Dataset entries
***
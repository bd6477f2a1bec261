//! The registrar of a store.
use crate::naming::Naming;
use std::marker::{Model, PhantomData};

/// How many modules any desk registers at most.
pub const MOST_MODULES: u32 = 1_048_576;

/// How many modules a desk has registered, and how many it registers at most.
#[derive(Clone, Copy, Debug)]
pub struct DeskCounts {
    pub registered: u32,
    pub most: u32,
}

/// The one registrar of a store. Contracts see its counts.
#[derive(Drop)]
pub struct Desk<N: Naming> {
    pub(crate) counts: DeskCounts,
    pub(crate) of: PhantomData<N>,
}

impl<N: Naming> Model for Desk<N> {
    ghost use Rattle.std.specs.Prelude.{◌≡◌, ◌≤◌};
    ghost use Rattle.module_store.specs.declared.desk.DeskCounts.{DeskCounts};

    ghost Value = { DeskCounts };

    ghost view = { λ d. d.counts };

    ghost invariant = { λ d. (d.counts.registered ≤ d.counts.most) × (d.counts.most ≡ N.most) };
}
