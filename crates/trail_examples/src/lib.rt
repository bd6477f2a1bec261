//! Computed examples of the laws of trails: beside trails that have one, trails that must not have it. Nothing stands on this crate.
#![tactic(auto)]
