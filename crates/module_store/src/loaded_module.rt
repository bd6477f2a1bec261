//! Modules that were looked up in their store.
ghost use Rattle.std.specs.Prelude.{◌≡◌};
ghost use Rattle.std.specs.Coded.{Coded-set};
ghost use Rattle.wasm_types.specs.Tree.{module_tree};
ghost use Rattle.initial_image.specs.Image.{IsImageOf};
ghost use Rattle.pool_model.specs.Codes.{coded_named};
ghost use Rattle.module_store.specs.Modules.{IsLoaded};

use crate::naming::Naming;
use crate::reference::{ModuleRef, Stored};
use crate::store::ModuleStore;
use initial_image::Image;
use std::marker::Model;
use wasm_validate::Valid;

/// What lies in a store for a reference: the validated module, and its image. Contracts see the module as its reference shows it.
pub struct Found<'a, N: Naming> {
    pub(crate) module: &'a ModuleRef<N>,
    pub(crate) stored: &'a Stored,
}

impl<'a, N: Naming> Model for Found<'a, N> {
    ghost use Rattle.pool_model.specs.Contents.{Named};
    ghost use Rattle.pool_model.specs.Codes.{coded_named};

    ghost Value = { Named };

    ghost coded = { coded_named };

    ghost use Rattle.module_store.specs.Modules.{IsFound};

    ghost view = { λ f. f.module.now };

    ghost invariant = { λ f. IsFound N.config f.module.now f.stored.now };
}

impl<N: Naming> Drop for Found<'_, N> {
    fn drop(self) {
        let Found {
            module: _,
            stored: _,
        } = self;
    }
}

/// A module that was looked up once for all that a call does with it: its store, its reference, and what lies there for it.
pub struct LoadedModule<'a, N: Naming> {
    pub store: &'a ModuleStore<N>,
    pub module: &'a ModuleRef<N>,
    pub found: Found<'a, N>,
    ghost same: { found ≡ «module».now } by { Coded-set coded_named found «module».now },
}

impl<N: Naming> Drop for LoadedModule<'_, N> {
    fn drop(self) {
        let LoadedModule {
            store: _,
            module: _,
            found: _,
        } = self;
    }
}

impl<'a, N: Naming> Found<'a, N> {
    fn valid(&self) -> &'a Valid
        ensures code { result.now ≡ self.now.code }
        ensures tree { module_tree result.now ≡ self.now.tree }
        ensures loaded { IsLoaded N.config self.now.tree }
    {
        &self.stored.valid
    }

    fn image(&self) -> &'a Image
        ensures image { IsImageOf self.now.tree result.now }
        ensures loaded { IsLoaded N.config self.now.tree }
    {
        &self.stored.image
    }
}

impl<'a, N: Naming> LoadedModule<'a, N> {
    /// The valid module. Takes no memory.
    pub fn valid(&self) -> &'a Valid
        ensures code { result.now ≡ self.now.module.now.code }
        ensures tree { module_tree result.now ≡ self.now.module.now.tree }
        ensures loaded { IsLoaded N.config self.now.module.now.tree }
    {
        self.found.valid()
    }

    /// Its image. Takes no memory.
    pub fn image(&self) -> &'a Image
        ensures image { IsImageOf self.now.module.now.tree result.now }
        ensures loaded { IsLoaded N.config self.now.module.now.tree }
    {
        self.found.image()
    }
}
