//! A store with its desk.
ghost use Rattle.std.specs.Prelude.{◌≡◌, ◌+◌, ◌↔◌, Ok, IfErr, IfOk, IsErrOf, OnErr};
ghost use Rattle.wasm_spec.specs.Loading.{Loads};
ghost use Rattle.pool_limits.specs.Limits.{load_limits};
ghost use Rattle.module_store.specs.Faults.{IsRefusal};
ghost use Rattle.module_store.specs.Names.{Bears};

use crate::desk::Desk;
use crate::fault::LoadFault;
use crate::naming::Naming;
use crate::opened::Opened;
use crate::reference::ModuleRef;
use crate::store::ModuleStore;
use std::alloc::Global;
use std::sync::Wait;
use wasm_values::Profile;

/// A store and its one registrar, for a caller that has both. Where other threads use the store meanwhile, its parts are lent apart.
#[derive(Drop)]
pub struct Registry<N: Naming> {
    pub store: ModuleStore<N>,
    pub desk: Desk<N>,
}

impl Opened {
    /// The store under a name, with its desk, as [`Opened::named`] gives them. Takes no memory.
    pub fn registry<N: Naming>(self) -> Registry<N>
        requires { Bears self N.shelves N.config N.most }
        ensures store { result.store ≡ N.config }
        ensures desk { result.desk.registered ≡ 0 }
        ensures most { result.desk.most ≡ N.most }
    {
        let (store, desk) = self.named::<N>();
        Registry { store, desk }
    }
}

impl<N: Naming> Registry<N> {
    /// Loads a module as [`ModuleStore::register`] does.
    ///
    /// # Errors
    ///
    /// Those of [`ModuleStore::register`]. The desk is as it was after each.
    pub fn register<R: Wait>(
        &mut self,
        rt: &R,
        alloc: Global,
        profile: Profile,
        bytes: &[u8],
    ) -> Result<ModuleRef<N>, LoadFault>
        ensures too_many { IsErrOf result LoadFault.TooMany ↔ (self.old.desk.registered ≡ self.old.desk.most) }
        ensures loaded { IfOk result (λ r. Loads profile bytes.now (load_limits N.config) (Ok r.tree)) }
        ensures tag { IfOk result (λ r. (r.tag ≡ self.old.desk.registered) × (self.new.desk.registered ≡ self.old.desk.registered + 1)) }
        ensures most { self.new.desk.most ≡ self.old.desk.most }
        ensures store { self.new.store ≡ self.old.store }
        ensures refused { IfErr result (IsRefusal profile bytes.now (load_limits N.config)) }
        ensures desk { OnErr result (self.new ≡ self.old) }
    {
        self.store
            .register(rt, alloc, &mut self.desk, profile, bytes)
    }
}
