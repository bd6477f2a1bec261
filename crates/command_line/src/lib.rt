//! The command line of `poolhost`: its words as a command, read by `clap`. It is `run`, with eleven
//! numbers and a flag, or `make`, with two numbers.
//!
//! Words are refused exactly where `clap` finds a fault in them, a call for help among them, or
//! where there are several workers and a total of 1. Signs and leading zeros are as `clap` reads
//! them.
#![tactic(auto)]

mod numbers;
mod syntax;
mod words;

pub use words::{Command, WordsFault, read_command};
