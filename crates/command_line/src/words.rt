//! The words of a command line, read as a command.
ghost use Rattle.std.specs.Prelude.{◌≡◌, ◌↔◌, ◌≤◌, ℕ, None, Some, IfOk, IsErrOf, IsSomeAnd, map, option_and_then};
ghost use Rattle.clap.specs.Words.{found_of, rows_of, subcommand_rows_of};
ghost use Rattle.command_line.specs.Matches.{HasRun, IsComplete};
ghost use Rattle.command_line.specs.Words.{command_in, command_of, run_in};
ghost use Rattle.command_line.specs.declared.words.Command.TheVariants.{Make};

use crate::numbers::{flag_at, long_number_at, number_at, numbers_at};
use crate::syntax::poolhost_command;
use clap::ArgMatches;
use clap::error::ErrorKind;
use pool_limits::PoolConfig;
use std::alloc::{AllocError, Global};
use thiserror::Error;

/// What the words of a command line ask for.
#[derive(Clone, Copy, Debug, PartialEq, Eq)]
pub enum Command {
    /// `run`: answer a request file under a configuration, by a report or by its summary. Several workers make calls in slices of so
    /// many instructions, or whole where that is 0.
    Run {
        config: PoolConfig,
        summary: bool,
        slice: u32,
    },
    /// `make`: write a request file of so many calls, from 1 to 100,000, that are drawn from a seed.
    Make {
        seed: u64,
        count: u32,
    },
}

/// Why words give no command.
#[derive(Clone, Copy, Debug, PartialEq, Eq, Error)]
pub enum WordsFault {
    /// They are no words of the command, or leave several workers no slot to share.
    #[error("refused words")]
    Refused,
    /// Memory ran out.
    #[error("out of memory")]
    NoMemory,
}

impl From<AllocError> for WordsFault {
    ghost use Rattle.command_line.specs.declared.words.WordsFault.TheVariants.{NoMemory};

    ghost from_gives = { λ _ e. e ≡ NoMemory };

    fn from(_: AllocError) -> Self {
        WordsFault::NoMemory
    }
}

/// The command that the words of a command line give; the first word is the program's name. Source:
/// `specs/Words.antt`, `command_of`.
///
/// # Errors
///
/// `Refused` comes only for words that give no command, and `NoMemory` for want of memory alone.
pub fn read_command(alloc: Global, words: &[&str]) -> Result<Command, WordsFault>
    ensures command { IfOk result (λ c. command_of (map (λ w. w.now) words.now) ≡ Some c) }
    ensures count { IfOk result (λ c. (seed count : ℕ) → c ≡ Make seed count → (1 ≤ count) × (count ≤ 100000)) }
    ensures refused { IsErrOf result WordsFault.Refused → command_of (map (λ w. w.now) words.now) ≡ None }
{
    let syntax = poolhost_command(alloc)?;
    match syntax.try_get_matches_from(words) {
        Ok(matches) => command_at(&matches).ok_or(WordsFault::Refused),
        Err(error) => Err(fault_of_kind(error.kind())),
    }
}

// What the matches of a command line ask for, or none where no configuration has the numbers of a run.
fn command_at(matches: &ArgMatches<'_>) -> Option<Command>
    requires { IsSomeAnd (subcommand_rows_of matches.now) IsComplete }
    ensures command { result ≡ option_and_then command_in (subcommand_rows_of matches.now) }
    ensures count { (seed count : ℕ) → result ≡ Some (Make seed count) → (1 ≤ count) × (count ≤ 100000) }
{
    if let Some(make) = matches.subcommand_matches("make") {
        let seed = long_number_at(make, "seed");
        let count = number_at(make, "count");
        return Some(Command::Make { seed, count });
    }
    run_at(matches.subcommand_matches("run").unwrap())
}

// The run that these matches ask for, or none where no configuration has its numbers.
fn run_at(run: &ArgMatches<'_>) -> Option<Command>
    requires { HasRun (rows_of (found_of run.now)) }
    ensures { result ≡ run_in (rows_of (found_of run.now)) }
{
    match PoolConfig::new(numbers_at(run)) {
        Ok(config) => Some(Command::Run {
            config,
            summary: flag_at(run, "summary"),
            slice: number_at(run, "slice"),
        }),
        Err(_) => None,
    }
}

// Whether a parse failed for want of memory, or by its words.
fn fault_of_kind(kind: ErrorKind) -> WordsFault
    ensures { (result ≡ WordsFault.NoMemory) ↔ (kind ≡ ErrorKind.OutOfMemory) }
{
    match kind {
        ErrorKind::OutOfMemory => WordsFault::NoMemory,
        _ => WordsFault::Refused,
    }
}
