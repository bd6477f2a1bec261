//! The numbers and the flag that a command is given.
ghost use Rattle.std.specs.Prelude.{◌≡◌};
ghost use Rattle.clap.specs.Words.{found_of, one_of, rows_of};
ghost use Rattle.command_line.specs.Matches.{HasNumbers, IsFlag, IsNumberIn, is_set, number_in, numbers_in};

use clap::ArgMatches;
use pool_limits::Numbers;

// The number under an id, which the parse has found to be one.
pub(crate) fn number_at(matches: &ArgMatches<'_>, id: &str) -> u32
    requires { IsNumberIn 0 u32.MAX (one_of id.now (rows_of (found_of matches.now))) }
    ensures { result ≡ number_in id.now (rows_of (found_of matches.now)) }
{
    matches.get_one::<u32>(id).unwrap()
}

// The number of 64 bits under an id, which the parse has found to be one.
pub(crate) fn long_number_at(matches: &ArgMatches<'_>, id: &str) -> u64
    requires { IsNumberIn 0 u64.MAX (one_of id.now (rows_of (found_of matches.now))) }
    ensures { result ≡ number_in id.now (rows_of (found_of matches.now)) }
{
    matches.get_one::<u64>(id).unwrap()
}

// Whether a flag is set.
pub(crate) fn flag_at(matches: &ArgMatches<'_>, id: &str) -> bool
    requires { IsFlag (one_of id.now (rows_of (found_of matches.now))) }
    ensures { result ≡ is_set id.now (rows_of (found_of matches.now)) }
{
    matches.get_flag(id)
}

// The numbers of a configuration, from the matches of `run`.
pub(crate) fn numbers_at(run: &ArgMatches<'_>) -> Numbers
    requires { HasNumbers (rows_of (found_of run.now)) }
    ensures { result ≡ numbers_in (rows_of (found_of run.now)) }
{
    Numbers {
        workers: number_at(run, "workers"),
        instances: number_at(run, "instances"),
        memories: number_at(run, "memories"),
        tables: number_at(run, "tables"),
        warm: number_at(run, "warm"),
        batch: number_at(run, "batch"),
        pages: number_at(run, "pages"),
        elements: number_at(run, "elements"),
        depth: number_at(run, "depth"),
        frame: number_at(run, "frame"),
    }
}
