//! Modules that threads share: each is loaded once, and stands under a number for good.
#![tactic(auto)]

mod desk;
mod fault;
mod loaded_module;
mod loader;
mod naming;
mod opened;
mod reference;
mod registry;
mod store;

pub use desk::{Desk, DeskCounts, MOST_MODULES};
pub use fault::LoadFault;
pub use loaded_module::{Found, LoadedModule};
pub use naming::Naming;
pub use opened::Opened;
pub use reference::ModuleRef;
pub use registry::Registry;
pub use store::ModuleStore;
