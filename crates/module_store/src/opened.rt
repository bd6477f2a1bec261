//! A store that has no name yet.
ghost use Rattle.std.specs.Prelude.{◌≤◌};
ghost use Rattle.module_store.specs.declared.desk.TheConstants.{MOST_MODULES};

use crate::desk::{Desk, DeskCounts, MOST_MODULES};
use crate::naming::Naming;
use crate::reference::Stored;
use crate::store::ModuleStore;
use boxcar::Vec;
use pool_limits::PoolConfig;
use std::alloc::Global;
use std::marker::PhantomData;
use wasm_values::NoMemory;

/// A store that has no name yet.
#[derive(Drop)]
pub struct Opened {
    modules: Vec<Box<Stored>>,
    config: PoolConfig,
    most: u32,
    ghost few: { most ≤ MOST_MODULES },
}

impl Opened {
    ghost use Rattle.std.specs.Prelude.{◌≡◌, ◌≤◌, IfOk};
    ghost use Rattle.module_store.specs.Names.{Bears};

    /// A store without a module, for [`MOST_MODULES`] modules at most.
    ///
    /// # Errors
    ///
    /// `NoMemory` where memory is refused.
    pub fn open(alloc: Global, config: PoolConfig) -> Result<Opened, NoMemory>
        ensures config { IfOk result (λ s. s.config ≡ config) }
        ensures most { IfOk result (λ s. s.most ≡ MOST_MODULES) }
    {
        Opened::open_for(alloc, config, MOST_MODULES)
    }

    /// A store without a module, for so many modules at most. What is kept for each module that a store may have is as large.
    ///
    /// # Errors
    ///
    /// `NoMemory` where memory is refused.
    pub fn open_for(alloc: Global, config: PoolConfig, most: u32) -> Result<Opened, NoMemory>
        requires { most ≤ MOST_MODULES }
        ensures config { IfOk result (λ s. s.config ≡ config) }
        ensures most { IfOk result (λ s. s.most ≡ most) }
    {
        let modules = Vec::new(alloc).map_err(|_| NoMemory)?;
        Ok(Opened {
            modules,
            config,
            most,
        })
    }

    /// The store under a name, and its desk. The name is picked by the caller's proof. Takes no memory.
    pub fn named<N: Naming>(self) -> (ModuleStore<N>, Desk<N>)
        requires { Bears self N.shelves N.config N.most }
        ensures store { result.0 ≡ N.config }
        ensures desk { result.1.registered ≡ 0 }
        ensures most { result.1.most ≡ N.most }
    {
        let Opened {
            modules,
            config,
            most,
        } = self;
        let registered = 0;
        let desk = Desk {
            counts: DeskCounts { registered, most },
            of: PhantomData,
        };
        let store = ModuleStore {
            modules,
            config,
            most,
            of: PhantomData,
        };
        (store, desk)
    }
}
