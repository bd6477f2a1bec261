//! The store of modules.
ghost use Rattle.std.specs.Prelude.{◌≡◌, ◌+◌, ◌≤◌, ◌↔◌, Ok, IfErr, IfOk, IsErrOf, IsTrue, OnErr};
ghost use Rattle.wasm_types.specs.Tree.{module_tree};
ghost use Rattle.wasm_spec.specs.Loading.{Loads};
ghost use Rattle.initial_image.specs.Image.{IsImageOf};
ghost use Rattle.pool_limits.specs.Limits.{load_limits};
ghost use Rattle.module_store.specs.Faults.{IsRefusal};
ghost use Rattle.module_store.specs.Modules.{IsLoaded};

use crate::desk::{Desk, MOST_MODULES};
use crate::fault::LoadFault;
use crate::loaded_module::Found;
use crate::loader::load;
use crate::naming::Naming;
use crate::reference::{ModuleRef, Stored};
use boxcar::Vec;
use initial_image::Image;
use pool_limits::PoolConfig;
use std::alloc::Global;
use std::marker::{Model, PhantomData};
use std::sync::Wait;
use wasm_validate::Valid;
use wasm_values::Profile;

/// Modules that threads share. Contracts see its configuration's numbers, which are those of its name.
pub struct ModuleStore<N: Naming> {
    pub(crate) modules: Vec<Box<Stored>>,
    pub(crate) config: PoolConfig,
    pub(crate) most: u32,
    pub(crate) of: PhantomData<N>,
}

impl<N: Naming> Model for ModuleStore<N> {
    ghost use Rattle.std.specs.Prelude.{◌≡◌, ◌≤◌};
    ghost use Rattle.module_store.specs.declared.desk.TheConstants.{MOST_MODULES};
    ghost use Rattle.pool_limits.specs.declared.numbers.Numbers.{Numbers};

    ghost Value = { Numbers };

    ghost view = { λ s. s.config };

    ghost invariant = { λ s. (s.modules ≡ N.shelves) × (s.config ≡ N.config) × (s.most ≡ N.most) × (s.most ≤ MOST_MODULES) };
}

impl<N: Naming> Drop for ModuleStore<N> {
    fn drop(self) {
        let ModuleStore {
            modules: _,
            config: _,
            most: _,
            of: _,
        } = self;
    }
}

// A module in a box of its own.
fn boxed(alloc: Global, stored: Stored) -> Result<Box<Stored>, LoadFault>
    ensures same { IfOk result (λ b. b.value ≡ stored) }
    ensures memory { IfErr result (λ fault. fault ≡ LoadFault.NoMemory) }
{
    Box::new(alloc, stored).map_err(|_| LoadFault::NoMemory)
}

impl<N: Naming> ModuleStore<N> {
    /// Loads the module that the bytes spell in a profile, and shows it to all threads. Other threads may look and call
    /// meanwhile.
    ///
    /// # Errors
    ///
    /// `TooMany` exactly where the desk has registered as many as it may. Then the first that applies: `Malformed`,
    /// `Unsupported`, `Invalid`, `OverLimit` and `Segment`. `NoMemory` in place of any but `TooMany`. The desk is as it was
    /// after each of them, and no module was added.
    pub fn register<R: Wait>(
        &self,
        rt: &R,
        alloc: Global,
        desk: &mut Desk<N>,
        profile: Profile,
        bytes: &[u8],
    ) -> Result<ModuleRef<N>, LoadFault>
        ensures too_many { IsErrOf result LoadFault.TooMany ↔ (desk.old.registered ≡ desk.old.most) }
        ensures loaded { IfOk result (λ r. Loads profile bytes.now (load_limits N.config) (Ok r.tree)) }
        ensures tag { IfOk result (λ r. (r.tag ≡ desk.old.registered) × (desk.new.registered ≡ desk.old.registered + 1)) }
        ensures most { desk.new.most ≡ desk.old.most }
        ensures refused { IfErr result (IsRefusal profile bytes.now (load_limits N.config)) }
        ensures desk { OnErr result (desk.new ≡ desk.old) }
    {
        if desk.counts.registered == desk.counts.most {
            return Err(LoadFault::TooMany);
        }
        let (valid, image) = load(alloc, &self.config, profile, bytes)?;
        let tag = desk.counts.registered;
        let stored = boxed(alloc, Stored { tag, valid, image })?;
        let Ok(seen) = self.modules.push_shown(rt, stored) else {
            return Err(LoadFault::NoMemory);
        };
        desk.counts.registered += 1;
        Ok(ModuleRef {
            tag,
            seen,
            of: PhantomData,
        })
    }

    /// What lies here for a reference. Takes no memory.
    pub fn find<'a>(&'a self, module: &'a ModuleRef<N>) -> Found<'a, N>
        ensures { result ≡ «module».now }
    {
        let stored: &Stored = self.modules.value(&module.seen);
        Found { module, stored }
    }

    /// The valid module of a reference. Takes no memory.
    pub fn valid(&self, module: &ModuleRef<N>) -> &Valid
        ensures code { result.now ≡ module.now.code }
        ensures tree { module_tree result.now ≡ module.now.tree }
        ensures loaded { IsLoaded N.config module.now.tree }
    {
        let loaded = self.modules.value(&module.seen);
        &loaded.valid
    }

    /// The image of a reference's module. Takes no memory.
    pub fn image(&self, module: &ModuleRef<N>) -> &Image
        ensures { IsImageOf module.now.tree result.now }
    {
        let loaded = self.modules.value(&module.seen);
        &loaded.image
    }

    /// The configuration that it was opened with. Takes no memory.
    pub fn config(&self) -> &PoolConfig
        ensures same { result.now ≡ self.now }
        ensures name { result.now ≡ N.config }
    {
        &self.config
    }

    /// How many modules it may have, by which each tag is smaller. Takes no memory.
    pub fn most(&self) -> u32
        ensures name { result ≡ N.most }
        ensures few { result ≤ MOST_MODULES }
    {
        self.most
    }

    /// Whether two references have one number. Then they show one module, under one tag. Takes no memory.
    pub fn same(&self, a: &ModuleRef<N>, b: &ModuleRef<N>) -> bool
        ensures number { IsTrue result ↔ (a.now.number ≡ b.now.number) }
        ensures module { IsTrue result → (a.now ≡ b.now) }
    {
        if a.number() != b.number() {
            return false;
        }
        self.modules.agrees(&a.seen, &b.seen);
        true
    }
}
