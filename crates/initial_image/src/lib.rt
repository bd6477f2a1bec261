//! What the memory, the table and the globals of a new instance hold.
//!
//! Source: WebAssembly Core Specification 1.0, section 4.5.4 (instantiation).
#![tactic(auto)]

mod fill;
mod image;
mod segments;

pub use fill::{table_length, write_table};
pub use image::{Image, ImageFault, build};
pub use segments::{Misfit, SegmentIndex};
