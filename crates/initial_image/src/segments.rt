//! Where segments end, and the first that reaches past its table or memory.
ghost use Rattle.std.specs.Prelude.{◌≡◌, ◌+◌, ◌<◌, ◌≤◌, ◌^◌, None, IfOk, IfErr, OnOk, IsErrOf, length};
ghost use Rattle.wasm_types.specs.Tree.{expr_tree, module_tree};
ghost use Rattle.wasm_spec.specs.Store.{minimum_of};
ghost use Rattle.wasm_spec.specs.Store as store;
ghost use Rattle.initial_image.specs.Segments.{first_element_misfit, first_data_misfit, Names};

use crate::image::ImageFault;
use thiserror::Error;
use wasm_types::{Expr, Limits, Module, PAGE_SIZE};
use wasm_validate::offset_value;

/// A segment by its place among the element segments or among the data segments.
#[derive(Clone, Copy, Debug, PartialEq, Eq)]
pub enum SegmentIndex {
    Element(usize),
    Data(usize),
}

/// A segment that ends past its table or memory: its end and that size, in elements or in bytes.
#[derive(Clone, Copy, Debug, PartialEq, Eq, Error)]
#[error("{which:?} ends at {end}, past the size {size}")]
pub struct Misfit {
    pub which: SegmentIndex,
    pub end: u64,
    pub size: u64,
}

// The least size of the one memory or table, or 0 where there is none.
pub(crate) fn minimum(limits: &[Limits]) -> u32
    ensures { result ≡ minimum_of limits.now }
{
    limits.first().map_or(0, |l| l.min)
}

// Where a segment begins, read as an unsigned number.
pub(crate) fn offset_of(m: &Module, offset: &Expr) -> u32
    ensures { result ≡ store.offset_of (module_tree m.now) (expr_tree offset.now) }
{
    offset_value(m, offset).unwrap_or(0)
}

// Where a segment of this length ends, if it is within its table or memory. An end that no memory could hold is want of
// memory.
fn checked_end(
    which: SegmentIndex,
    offset: u32,
    length: usize,
    size: u64,
) -> Result<u64, ImageFault>
    requires { size < 2 ^ 64 }
    ensures fits { IfOk result (λ end. (end ≡ offset + length) × (end ≤ size)) }
    ensures misfit { (f : Misfit) → IsErrOf result (ImageFault.Segment f)
        → (f ≡ record { which = which; end = offset + length; size = size }) × (size < offset + length) }
    ensures memory { IsErrOf result ImageFault.NoMemory → 2 ^ 64 ≤ offset + length }
{
    let Some(end) = (offset as u64).checked_add(length as u64) else {
        return Err(ImageFault::NoMemory);
    };
    if end <= size {
        Ok(end)
    } else {
        Err(ImageFault::Segment(Misfit { which, end, size }))
    }
}

// Each element segment is within the table, or the first that is not.
pub(crate) fn check_elements(m: &Module) -> Result<(), ImageFault>
    ensures fit { OnOk result (first_element_misfit (module_tree m.now) ≡ None) }
    ensures misfit { IfErr result (Names (first_element_misfit (module_tree m.now))) }
{
    let size = minimum(m.tables.as_slice()) as u64;
    for (place, segment) in m.element_segments.as_slice().iter().enumerate() {
        let offset = offset_of(m, &segment.offset);
        let length = segment.functions.len();
        checked_end(SegmentIndex::Element(place), offset, length, size)?;
    }
    Ok(())
}

// Each data segment is within the memory, or the first that is not.
pub(crate) fn check_data(m: &Module) -> Result<(), ImageFault>
    ensures fit { OnOk result (first_data_misfit (module_tree m.now) ≡ None) }
    ensures misfit { IfErr result (Names (first_data_misfit (module_tree m.now))) }
{
    let size = minimum(m.memories.as_slice()) as u64 * PAGE_SIZE;
    for (place, segment) in m.data_segments.as_slice().iter().enumerate() {
        let offset = offset_of(m, &segment.offset);
        let length = segment.bytes.len();
        checked_end(SegmentIndex::Data(place), offset, length, size)?;
    }
    Ok(())
}
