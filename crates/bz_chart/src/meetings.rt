//! Where requests meet: at a Call, CallMux or CallDemux that has one of them when another comes.

use bz_chart_layout::Circuit;
use bz_kind_rows::row_of;
use bz_model::{Callers, Move};

/// How many handshakes a component is in with callers, and whether it was told that some met there.
#[derive(Clone, Copy)]
pub(crate) struct Meeting {
    callers: u32,
    is_told: bool,
}

impl Meeting {
    pub const NONE: Meeting = Meeting {
        callers: 0,
        is_told: false,
    };

    /// Goes on by a move of a caller: whether requests meet now, and have not before.
    pub fn note(&mut self, mv: Move) -> bool {
        match mv {
            Move::Ask => {
                let meets = self.callers > 0 && !self.is_told;
                self.callers = self.callers.saturating_add(1);
                self.is_told = self.is_told || meets;
                meets
            }
            Move::Got => {
                self.callers = self.callers.saturating_sub(1);
                false
            }
            Move::Take | Move::Reply => false,
        }
    }
}

/// Whether requests can meet at a component.
pub(crate) fn is_shared(circuit: &Circuit, comp: u32) -> bool {
    match circuit.comp(comp) {
        Some(comp) => matches!(row_of(&comp.kind).callers, Callers::Meet),
        None => false,
    }
}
***
• **About this task**
Identify the lines above that contain the word "crates", then copy them.

• **Response to this task**
filename crates/trail_examples/src/lib.rt
filename crates/module_store/src/loaded_module.rt
filename crates/command_line/src/lib.rt
filename crates/command_line/src/words.rt
filename crates/module_store/src/opened.rt
filename crates/initial_image/src/lib.rt
filename crates/initial_image/src/segments.rt
filename crates/bz_chart/src/meetings.rt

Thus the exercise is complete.